Gerakan Pengendalian OPT (Organisme Pengganggu Tanaman) Padi

By DINPPKP 04 Feb 2025, 12:59:22 WIB Penyuluhan
Gerakan Pengendalian OPT (Organisme Pengganggu Tanaman) Padi

Gerakan Pengendalian OPT (Organisme Pengganggu Tanaman) Padi

Dampak perubahan iklim akhir-akhir ini sangat dirasakan oleh petani. Salah satunya adalah perkembangan hama dan penyakit yang menyerang tanaman yang dibudidayakan oleh petani. Perubahan cuaca yang tiba-tiba panas kemudian hujan merupakan kondisi yang sangat disukai OPT khususnya penyakit yang disebabkan oleh jamur dan bakteri.

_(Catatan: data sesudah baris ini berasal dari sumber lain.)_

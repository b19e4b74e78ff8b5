// Tests of task texts: damaged ones, ones at the limits, and loads; and of faults in words.
#![tactic(auto)]

#[cfg(test)]
mod digits;
#[cfg(test)]
mod kinds;
#[cfg(test)]
mod lengths;
#[cfg(test)]
mod limits;
#[cfg(test)]
mod loads;
#[cfg(test)]
mod numbers;
#[cfg(test)]
mod words;
#[cfg(test)]
mod written;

Pada hari Senin tanggal 3 Februari 2025 bertempat di lahan persawahan Poktan Sido Makmur 1 Desa Plandi Kecamatan Purwodadi telah dilakukan Gerakan Pengendalian OPT secara massal. Padi dihamparan ini rata-rata berumur 40-60 hari setelah tanam. Varietas padi yang ditanam beragam yaitu varietas Ciherang, Inpari 32, IR 64, Mekongga, Sintanur dan lain-lain. Gerakan ini dilakukan oleh PPL, petugas POPT, dan petani setempat. Bahan pengendali yang dipakai berasal dari Dinas Ketahanan Pangan dan Pertanian Kabupaten Purworejo berbahan aktif Tembaga Oksida 56%. Tujuan dari gerakan pengendalian ini adalah agar penyakit yang menyerang tanaman padi, khususnya Hawar Daun Bakteri (HDB), bercak coklat  dan busuk pelepah tidak menyebar ke tanaman padi yang lainnya. Selain itu yang terpenting adalah agar tidak terjadi penurunan produksi akibat serangan OPT ini.

Pada kesempatan ini juga disampaikan terkait pentingnya pemupukan berimbang, cara pengaplikasian serta penggunaan alat pelindung diri saaat pelaksanaan penyemprotan.